Vamos chamá-lo de Roberto. Mas poderia ser Adelar, Rubens, Rita, Margarida ou até Filomena. Aos 12 anos, inventou que seria piloto de carros de corrida. Talvez motivado pelo Ayrton Senna, que conduzia veloz sua McLaren atropelando um a um seus oponentes. Aos 15, dirigia o carro do pai, um velho Opala Comodoro daqueles com teto de vinil, azul metálico, lascado pelo tempo, talvez ano 77 ou 78.
– Opa, tudo bem?
– O senhor pode me deixar ali na Borges de Medeiros, esquina com a Bento.
– É na RBS?
– Isso, ali mesmo?
– Bah, tu não é o Mugnol?
– Sim.
– Então, sou o Roberto...
– Beto? Do Opalão?
– Sim... Bah, mas na real tu sabe que o Opalão era do meu pai...
– Pois é, me lembro...
– Eu não te disse que ia ser piloto de corrida? Virei piloto de corridas de táxi.
Eu ri. Ele gargalhou. Fiquei constrangido por ele. Talvez ele tenha percebido, porque silenciei, olhei pela janela lateral, vendo a cidade vazia, ainda às escuras.
Cansado e com sono reclamei de acordar cedo. Entrei no prédio pra trabalhar pensando que era melhor ter despertado naturalmente, sem despertador, dizendo eu te amo, capturando um livro do Caio F. pra ler na sacada à luz do sol. Daí lembrei do Beto, calei meu pensamento e fui trabalhar.
Meti os fones nos ouvidos e deixei rodar uma playlist qualquer. Depois dos tons cinzentos em desalento de Radiohead e Joy Divison, Jorge Drexler, reconfortante, cantou Tinta y Tiempo. Em livre tradução: “O que deixo por escrito / Não é esculpido em granito / eu só solto no vento / pressentimentos”. Daí lembrei do Beto do Opalão, agora taxista, e refleti sobre o poder da palavra e o peso da frustração.
E eu que fico sempre entre dois mundos, do ofício que me condiciona a perseguir a verdade a partir das realidades e, do ócio, na cadência da poesia, que não dá dinheiro e não serve pra nada, além de sublimar as pedras no caminho, né, Drummond?
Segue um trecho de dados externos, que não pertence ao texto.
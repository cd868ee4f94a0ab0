// Drives each shelf and each policy through some thousand scripted calls, beside a plain model in maps
// and sets of the standard library, and prints how many calls there were and how many answers differed.
#![tactic(auto)]

mod chance;
mod policy_drill;
mod policy_model;
mod shelf_drill;
mod shelf_model;

use policies::{Clock, FlushAll};
use policy_drill::drill_policy;
use policy_model::{PolicyModel, Rule};
use shelf_drill::drill_shelf;
use shelf_model::ShelfModel;
use shelves::{DenseShelf, PairShelf};

// A dense shelf on so many bytes, which are anything at first.
fn dense(rt: &HostRuntime, len: usize, places: u8, seed: u64) -> anyhow::Result<()> {
    let mut bytes = vec![in rt.alloc(); 7u8; len]?;
    let model = ShelfModel::new(rt.alloc(), places, 256 * places as usize);
    let tally = drill_shelf(
        rt.alloc(),
        DenseShelf::new(bytes.as_mut_slice()),
        model,
        seed,
    )?;
    println!(rt; "dense shelf on {len} bytes: {tally}")?;
    Ok(())
}

fn pairs(rt: &HostRuntime, seed: u64) -> anyhow::Result<()> {
    let model = ShelfModel::new(rt.alloc(), 64, 512);
    let tally = drill_shelf(rt.alloc(), PairShelf::new(), model, seed)?;
    println!(rt; "pair shelf: {tally}")?;
    Ok(())
}

fn policies_of_both_kinds(rt: &HostRuntime) -> anyhow::Result<()> {
    let model = PolicyModel::new(rt.alloc(), Rule::FlushAll);
    let tally = drill_policy(rt.alloc(), FlushAll::new(), model, 41)?;
    println!(rt; "flush-all: {tally}")?;
    let model = PolicyModel::new(rt.alloc(), Rule::Clock);
    let tally = drill_policy(rt.alloc(), Clock::new(), model, 43)?;
    println!(rt; "clock: {tally}")?;
    Ok(())
}

fn run(rt: &HostRuntime) -> anyhow::Result<()> {
    dense(rt, 16384, 64, 11)?;
    dense(rt, 20000, 64, 13)?;
    dense(rt, 1500, 5, 17)?;
    dense(rt, 256, 1, 19)?;
    dense(rt, 255, 0, 23)?;
    pairs(rt, 29)?;
    pairs(rt, 31)?;
    policies_of_both_kinds(rt)
}

fn main(rt: HostRuntime) -> anyhow::Result<()> {
    run(&rt)
}
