use std::alloc::{AllocError, Global};
use std::collections::{BTreeMap, BTreeSet};

// What a shelf should be: its steps by place and class in a map.
#[derive(Drop)]
pub struct ShelfModel {
    places: u8,
    capacity: usize,
    steps: BTreeMap<(u8, u16), u8>,
}

impl ShelfModel {
    pub fn new(heap: Global, places: u8, capacity: usize) -> ShelfModel {
        ShelfModel {
            places,
            capacity,
            steps: BTreeMap::new(heap),
        }
    }

    pub fn places(&self) -> u8 {
        self.places
    }

    pub fn capacity(&self) -> usize {
        self.capacity
    }

    pub fn count(&self) -> usize {
        self.steps.len()
    }

    pub fn know(&self, place: u8, class: u16) -> Option<u8> {
        self.steps.get(&(place, class)).copied()
    }

    fn may_note(&self, place: u8, class: u16, target: u8) -> bool {
        place < self.places
            && target < self.places
            && class < 256
            && !self.steps.contains_key(&(place, class))
            && self.steps.len() < self.capacity
    }

    pub fn note(&mut self, place: u8, class: u16, target: u8) -> Result<bool, AllocError> {
        let may = self.may_note(place, class, target);
        if may {
            self.steps.insert((place, class), target)?;
        }
        Ok(may)
    }

    pub fn drop_places(&mut self, places: &BTreeSet<u8>) -> usize {
        let before = self.steps.len();
        self.steps.retain(|key, target| !places.contains(&key.0) && !places.contains(&*target));
        before.saturating_sub(self.steps.len())
    }

    pub fn empty(&mut self) {
        self.steps.clear();
    }
}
Quiçá nos torna santificados, né, Leminski?
Entre a realidade e a poesia, tem horas em que é preciso trancafiar-se dentro de si mesmo pra mergulhar dentro da ficção interior só pra teimar que o Manoel de Barros sempre tem razão: “Uso a palavra para compor meus silêncios. / Não gosto das palavras / fatigadas de informar”.
Informo que o Beto do Opalão disse que eu poderia contar a sua história, mas sem revelar seu nome verdadeiro, porque, do contrário, diria que é tudo mentira.
Fatigado, escrevo que o Beto morreu sentado vendo tevê, porque o coração não resistiu a uma dor de luto mal curada. Beto morreu a zero quilômetros por hora, sem emoção nenhuma. Essa não é a história do Senna, é a história do Beto do Opalão.